Is it OK to experience joy in 2020? Four ways to allow it and feel it

The pandemic (and the election!) drags on. And there are so many other reasons for people to feel sad, angry and fearful this year. “I remember the good old days, and this is not it,” says my mom.

Can we also experience joy in 2020? And should we?

Many people have told me lately that they feel resistant, even guilty, about allowing themselves to experience joy when so many negative things are happening (or might happen).

If you feel that way, here’s a quick test. Picture the 7.8 billion humans all over the planet, so many of them dealing with illness, violence, caregiving stress, unemployment, poverty, repression, isolation, loss. Do you automatically find yourself hoping that they can experience joy in spite of it all — celebrating together, standing in awe of nature, holding a baby, laughing, singing, teaching, learning, working, creating, playing, and just being alive?

I do. I wish it for you. And I allow myself to wish it for me too.

Besides just welcoming joy as our birthright as human beings, there’s another good reason for allowing ourselves (and each other) to have fun and feel good. If we’re stuck in fear, anger and sadness, we won’t be effective agents of positive change. “Laughter gives us our power back,” says the wise Diane Cohen of Arlington Laughter Yoga.
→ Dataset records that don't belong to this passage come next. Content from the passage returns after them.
//! Conversions of values whose types are known (ISO/IEC 9899:1999, 6.3).

ghost use Rattle.std.specs.Prelude.{◌≡◌};
ghost use Rattle.ec_ctypes.specs.views.Types.{ty_view};
ghost use Rattle.ec_memory_defs.specs.Kinds.{kind_type};
ghost use Rattle.ec_memory_defs.specs.Memory.{integer_type};
ghost use Rattle.ec_meaning_defs.specs.resolved.Resolved.{Exp};
ghost use Rattle.ec_resolving_defs.specs.Conversions as form;
ghost use Rattle.ec_type_rules.specs.Views.{type_view};
ghost use Rattle.ec_resolve_values.specs.conversions.Forms.{converted, type_of_kind};

use ec_ctypes::{Arith, Ty, promote};
use ec_memory_defs::Kind;
use ec_type_rules::same_arith;

/// How a value becomes one of another type.
#[derive(Clone, Copy, Debug, PartialEq, Eq)]
pub enum Conversion {
    /// It stays as it is.
    Kept,
    /// From the first scalar type to the second.
    Made(Kind, Kind),
    /// It becomes none, since one of the types isn't known.
    Missing,
}

/// The scalar type that an integer type is.
pub fn integer_kind(ty: Arith) -> Kind
    ensures { kind_type result ≡ integer_type ty }
{
    match ty {
        Arith::Bool => Kind::Bool,
        Arith::Char => Kind::Char,
        Arith::UChar => Kind::UChar,
        Arith::Short => Kind::Short,
        Arith::UShort => Kind::UShort,
        Arith::Int => Kind::Int,
        Arith::UInt => Kind::UInt,
        Arith::Long => Kind::Long,
        Arith::ULong => Kind::ULong,
        Arith::LLong => Kind::LLong,
        Arith::ULLong => Kind::ULLong,
    }
}

/// The integer type that a scalar type is, or `None` of a pointer.
fn integer_of(kind: Kind) -> Option<Arith>
    ensures { type_of_kind result ≡ kind_type kind }
{
    match kind {
        Kind::Bool => Some(Arith::Bool),
        Kind::Char => Some(Arith::Char),
        Kind::UChar => Some(Arith::UChar),
        Kind::Short => Some(Arith::Short),
        Kind::UShort => Some(Arith::UShort),
        Kind::Int => Some(Arith::Int),
        Kind::UInt => Some(Arith::UInt),
        Kind::Long => Some(Arith::Long),
        Kind::ULong => Some(Arith::ULong),
        Kind::LLong => Some(Arith::LLong),
        Kind::ULLong => Some(Arith::ULLong),
        Kind::Ptr => None,
    }
}

/// Whether two scalar types are one. All pointers are.
fn is_same_kind(a: Kind, b: Kind) -> bool
    ensures { result ≡ form.same_kind (kind_type a) (kind_type b) }
{
    match (integer_of(a), integer_of(b)) {
        (Some(s), Some(t)) => same_arith(s, t),
        (Some(_), None) => false,
        (None, Some(_)) => false,
        (None, None) => true,
    }
}

/// A value of the first scalar type as one of the second. A conversion to its own type is none.
pub fn scalar_conversion(from: Kind, to: Kind) -> Conversion
    ensures { (e : Exp) → converted result e ≡ form.converted_to (kind_type from) (kind_type to) e }
{
    if is_same_kind(from, to) {
        Conversion::Kept
    } else {
        Conversion::Made(from, to)
    }
}

/// A value of the first integer type as one of the second.
pub fn widening(from: Arith, to: Arith) -> Conversion
    ensures { (e : Exp) → converted result e ≡ form.as_arith from to e }
{
    if same_arith(from, to) {
        Conversion::Kept
    } else {
        Conversion::Made(integer_kind(from), integer_kind(to))
    }
}

/// A value of an integer type as a pointer.
pub(crate) fn to_pointer(from: Arith) -> Conversion
    ensures { (e : Exp) → converted result e ≡ form.as_pointer from e }
{
    Conversion::Made(integer_kind(from), Kind::Ptr)
}

/// A value of the first type as one of the second, as by assignment or by a cast (ISO/IEC 9899:1999, 6.3.1, 6.3.2.3 and
/// 6.5.16.1, 2). A struct stays as it is.
pub fn type_conversion(from: &Ty, to: &Ty) -> Conversion
    ensures { (e : Exp) → converted result e ≡ form.as_type (ty_view from.now) (ty_view to.now) e }
{
    match (Kind::of(from), Kind::of(to)) {
        (Some(from), Some(to)) => scalar_conversion(from, to),
        (Some(_), None) => Conversion::Kept,
        (None, Some(_)) => Conversion::Kept,
        (None, None) => Conversion::Kept,
    }
}

/// The same, where each type may be unknown.
pub fn known_conversion(from: &Option<Ty>, to: &Option<Ty>) -> Conversion
    ensures { (e : Exp)
        → converted result e ≡ form.as_known_type (type_view from.now) (type_view to.now) e }
{
    match (from, to) {
        (Some(from), Some(to)) => type_conversion(from, to),
        (Some(_), None) => Conversion::Missing,
        (None, Some(_)) => Conversion::Missing,
        (None, None) => Conversion::Missing,
    }
}

/// An argument of a format: its integer type is promoted (ISO/IEC 9899:1999, 6.5.2.2, 6).
pub fn promotion(ty: &Option<Ty>) -> Conversion
    ensures { (e : Exp) → converted result e ≡ form.promoted_value (type_view ty.now) e }
{
    match ty {
        Some(ty) => match ty.arith() {
            Some(a) => widening(a, promote(a)),
            None => Conversion::Kept,
        },
        None => Conversion::Kept,
    }
}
In 2020, though, many (most?) of us are facing additional stressors, and at the same time we’ve lost some of the outlets that help us recover from stress and experience fun and joy — gathering around a dinner table, giving a friend a hug, playing sports, dancing (I miss indoor Zumba class so much!).

What has this meant for you? In my case, I’ve had waves of sadness and anxiety over things that weren’t bothering me in 2019, like the existential upheaval of moving when I was 13, or “dark” movies (which Netflix keeps insisting are “recommended for me”).

Desperation πŸ˜›

When I feel sad or fearful, my first impulse is to make the feelings go away, and I feel a strong pull toward what I call “positive-to-negative” activities: things that feel soothing at the time but have negative long-term effects. Something inside me insists I’ll feel much better after drinking two glasses of craft beer and eating three Supremo pizza slices from The Italian Store. But I don’t. And it undermines my goal of being a great example of health and fitness at age 60 (just 3 months from now!).

So instead of continuing down the beer-and-pizza road, I’ve been (obsessively) learning about and practicing what really works to calm my stress response and move through my fear and sadness toward joy. Here’s some of the best of what I’ve learned, hope you find it useful!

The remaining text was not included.